> **ACTION ITEM**:
From the line that contains "λ part. IsReady" through the line that contains "has no file.", output every line of the listing below exactly and leave out all the rest.

┄┄┄┄┄┄┄┄┄┄

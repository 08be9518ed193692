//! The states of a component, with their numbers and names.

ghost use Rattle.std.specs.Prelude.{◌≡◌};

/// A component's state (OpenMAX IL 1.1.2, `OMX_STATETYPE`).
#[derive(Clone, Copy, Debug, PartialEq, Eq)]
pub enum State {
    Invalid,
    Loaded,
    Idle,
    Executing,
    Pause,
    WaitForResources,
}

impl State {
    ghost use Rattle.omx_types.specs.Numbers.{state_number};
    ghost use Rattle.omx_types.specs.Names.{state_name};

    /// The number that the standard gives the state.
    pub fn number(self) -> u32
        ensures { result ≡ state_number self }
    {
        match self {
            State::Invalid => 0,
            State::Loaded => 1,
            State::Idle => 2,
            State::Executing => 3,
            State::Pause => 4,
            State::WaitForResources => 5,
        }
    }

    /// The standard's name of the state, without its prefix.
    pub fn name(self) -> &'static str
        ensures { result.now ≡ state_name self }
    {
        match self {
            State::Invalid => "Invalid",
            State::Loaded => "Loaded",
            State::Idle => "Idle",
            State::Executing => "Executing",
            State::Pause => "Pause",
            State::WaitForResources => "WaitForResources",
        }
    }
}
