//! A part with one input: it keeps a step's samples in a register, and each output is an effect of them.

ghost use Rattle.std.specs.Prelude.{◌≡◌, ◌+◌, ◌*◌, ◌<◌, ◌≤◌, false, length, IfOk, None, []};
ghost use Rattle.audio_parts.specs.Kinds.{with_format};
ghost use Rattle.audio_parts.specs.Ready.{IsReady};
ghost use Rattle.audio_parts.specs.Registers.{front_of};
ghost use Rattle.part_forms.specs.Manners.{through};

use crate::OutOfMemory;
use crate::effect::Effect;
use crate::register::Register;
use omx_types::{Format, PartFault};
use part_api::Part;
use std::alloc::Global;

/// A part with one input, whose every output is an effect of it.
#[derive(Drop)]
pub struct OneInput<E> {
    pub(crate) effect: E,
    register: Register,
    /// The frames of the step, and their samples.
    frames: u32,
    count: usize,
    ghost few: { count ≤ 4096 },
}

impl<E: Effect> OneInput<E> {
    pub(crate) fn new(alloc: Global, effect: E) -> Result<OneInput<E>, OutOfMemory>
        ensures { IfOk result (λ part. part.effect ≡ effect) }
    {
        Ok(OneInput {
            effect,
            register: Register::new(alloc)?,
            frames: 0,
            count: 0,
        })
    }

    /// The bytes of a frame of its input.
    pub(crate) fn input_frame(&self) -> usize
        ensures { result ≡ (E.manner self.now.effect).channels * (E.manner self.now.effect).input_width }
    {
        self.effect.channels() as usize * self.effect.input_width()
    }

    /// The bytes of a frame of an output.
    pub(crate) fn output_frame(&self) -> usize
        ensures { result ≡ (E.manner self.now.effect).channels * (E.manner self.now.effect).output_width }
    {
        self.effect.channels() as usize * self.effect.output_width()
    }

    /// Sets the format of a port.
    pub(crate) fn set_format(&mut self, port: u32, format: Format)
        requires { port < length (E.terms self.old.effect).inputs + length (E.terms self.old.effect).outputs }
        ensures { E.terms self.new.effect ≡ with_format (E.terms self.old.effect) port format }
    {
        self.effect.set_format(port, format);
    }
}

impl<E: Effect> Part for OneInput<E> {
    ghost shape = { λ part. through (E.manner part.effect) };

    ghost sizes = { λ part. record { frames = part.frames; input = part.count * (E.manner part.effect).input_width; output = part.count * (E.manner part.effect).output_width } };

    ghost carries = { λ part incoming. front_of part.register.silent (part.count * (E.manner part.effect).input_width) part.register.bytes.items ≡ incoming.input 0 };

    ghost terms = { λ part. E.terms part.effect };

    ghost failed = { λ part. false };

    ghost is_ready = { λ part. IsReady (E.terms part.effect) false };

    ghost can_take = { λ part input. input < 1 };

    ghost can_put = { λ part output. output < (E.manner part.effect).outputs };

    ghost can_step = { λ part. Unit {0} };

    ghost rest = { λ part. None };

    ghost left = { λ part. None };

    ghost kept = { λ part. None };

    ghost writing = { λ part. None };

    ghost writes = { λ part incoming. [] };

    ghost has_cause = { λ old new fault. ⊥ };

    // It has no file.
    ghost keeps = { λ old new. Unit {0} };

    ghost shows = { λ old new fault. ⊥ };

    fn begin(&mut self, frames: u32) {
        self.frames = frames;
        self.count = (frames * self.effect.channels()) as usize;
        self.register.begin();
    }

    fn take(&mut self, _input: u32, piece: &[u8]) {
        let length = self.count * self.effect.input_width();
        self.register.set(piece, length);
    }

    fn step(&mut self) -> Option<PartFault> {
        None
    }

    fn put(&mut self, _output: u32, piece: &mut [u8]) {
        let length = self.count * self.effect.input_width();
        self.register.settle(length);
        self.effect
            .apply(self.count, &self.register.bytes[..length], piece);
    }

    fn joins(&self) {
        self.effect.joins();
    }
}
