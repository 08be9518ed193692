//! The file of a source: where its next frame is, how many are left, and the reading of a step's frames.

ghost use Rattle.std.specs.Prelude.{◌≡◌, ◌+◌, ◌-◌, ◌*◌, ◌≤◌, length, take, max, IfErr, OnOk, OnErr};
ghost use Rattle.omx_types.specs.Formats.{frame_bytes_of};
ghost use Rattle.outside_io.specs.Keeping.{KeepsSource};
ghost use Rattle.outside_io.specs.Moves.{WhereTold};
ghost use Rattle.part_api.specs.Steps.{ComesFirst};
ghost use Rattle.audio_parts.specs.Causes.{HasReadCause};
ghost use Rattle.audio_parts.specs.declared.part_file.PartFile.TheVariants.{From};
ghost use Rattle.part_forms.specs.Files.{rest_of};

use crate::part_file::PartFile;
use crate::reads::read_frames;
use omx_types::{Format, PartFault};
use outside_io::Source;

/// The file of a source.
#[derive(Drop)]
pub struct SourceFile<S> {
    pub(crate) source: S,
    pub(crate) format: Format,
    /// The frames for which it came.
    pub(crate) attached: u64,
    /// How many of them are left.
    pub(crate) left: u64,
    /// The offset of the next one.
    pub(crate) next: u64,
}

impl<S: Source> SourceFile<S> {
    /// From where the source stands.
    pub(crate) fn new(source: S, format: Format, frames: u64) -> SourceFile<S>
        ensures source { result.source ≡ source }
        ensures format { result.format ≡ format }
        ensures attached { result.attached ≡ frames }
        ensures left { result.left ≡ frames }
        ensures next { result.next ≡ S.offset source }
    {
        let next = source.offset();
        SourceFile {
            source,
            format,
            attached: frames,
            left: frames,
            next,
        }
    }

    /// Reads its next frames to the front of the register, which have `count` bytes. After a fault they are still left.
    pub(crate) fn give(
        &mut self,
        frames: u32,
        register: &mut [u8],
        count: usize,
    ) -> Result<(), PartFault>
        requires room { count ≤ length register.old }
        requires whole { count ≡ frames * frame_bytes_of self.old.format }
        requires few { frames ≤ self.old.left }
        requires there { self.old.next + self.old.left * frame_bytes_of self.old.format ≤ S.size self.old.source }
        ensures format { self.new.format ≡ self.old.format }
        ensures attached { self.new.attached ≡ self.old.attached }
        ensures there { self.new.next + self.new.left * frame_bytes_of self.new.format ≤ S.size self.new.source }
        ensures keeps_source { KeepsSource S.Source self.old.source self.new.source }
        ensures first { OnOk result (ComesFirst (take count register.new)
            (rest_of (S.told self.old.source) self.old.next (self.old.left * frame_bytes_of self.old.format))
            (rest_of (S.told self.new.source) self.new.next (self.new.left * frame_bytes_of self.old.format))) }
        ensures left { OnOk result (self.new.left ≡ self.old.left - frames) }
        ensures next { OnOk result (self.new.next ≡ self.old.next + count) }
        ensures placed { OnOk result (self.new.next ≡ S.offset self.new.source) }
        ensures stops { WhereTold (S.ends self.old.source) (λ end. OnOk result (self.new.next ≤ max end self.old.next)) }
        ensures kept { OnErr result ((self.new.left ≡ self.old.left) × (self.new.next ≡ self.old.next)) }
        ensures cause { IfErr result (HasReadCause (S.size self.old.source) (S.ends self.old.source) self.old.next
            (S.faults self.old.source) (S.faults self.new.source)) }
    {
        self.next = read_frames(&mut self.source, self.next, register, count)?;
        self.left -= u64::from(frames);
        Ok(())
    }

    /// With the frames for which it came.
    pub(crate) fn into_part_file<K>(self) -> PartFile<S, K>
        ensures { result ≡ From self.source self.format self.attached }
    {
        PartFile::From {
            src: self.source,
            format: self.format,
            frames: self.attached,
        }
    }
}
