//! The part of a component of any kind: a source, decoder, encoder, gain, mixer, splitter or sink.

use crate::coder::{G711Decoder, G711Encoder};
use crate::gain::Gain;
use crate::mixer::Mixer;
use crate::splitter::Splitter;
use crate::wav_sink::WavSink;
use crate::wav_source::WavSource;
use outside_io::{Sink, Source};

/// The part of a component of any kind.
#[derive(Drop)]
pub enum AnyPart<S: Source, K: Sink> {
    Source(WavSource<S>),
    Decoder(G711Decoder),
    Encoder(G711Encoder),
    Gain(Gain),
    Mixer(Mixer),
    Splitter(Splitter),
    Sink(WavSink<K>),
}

┄┄┄┄┄┄┄┄┄┄

> **SOLUTION TO THE EXERCISE**:
    ghost is_ready = { λ part. IsReady (E.terms part.effect) false };

    ghost can_take = { λ part input. input < 1 };

    ghost can_put = { λ part output. output < (E.manner part.effect).outputs };

    ghost can_step = { λ part. Unit {0} };

    ghost rest = { λ part. None };

    ghost left = { λ part. None };

    ghost kept = { λ part. None };

    ghost writing = { λ part. None };

    ghost writes = { λ part incoming. [] };

    ghost has_cause = { λ old new fault. ⊥ };

    // It has no file.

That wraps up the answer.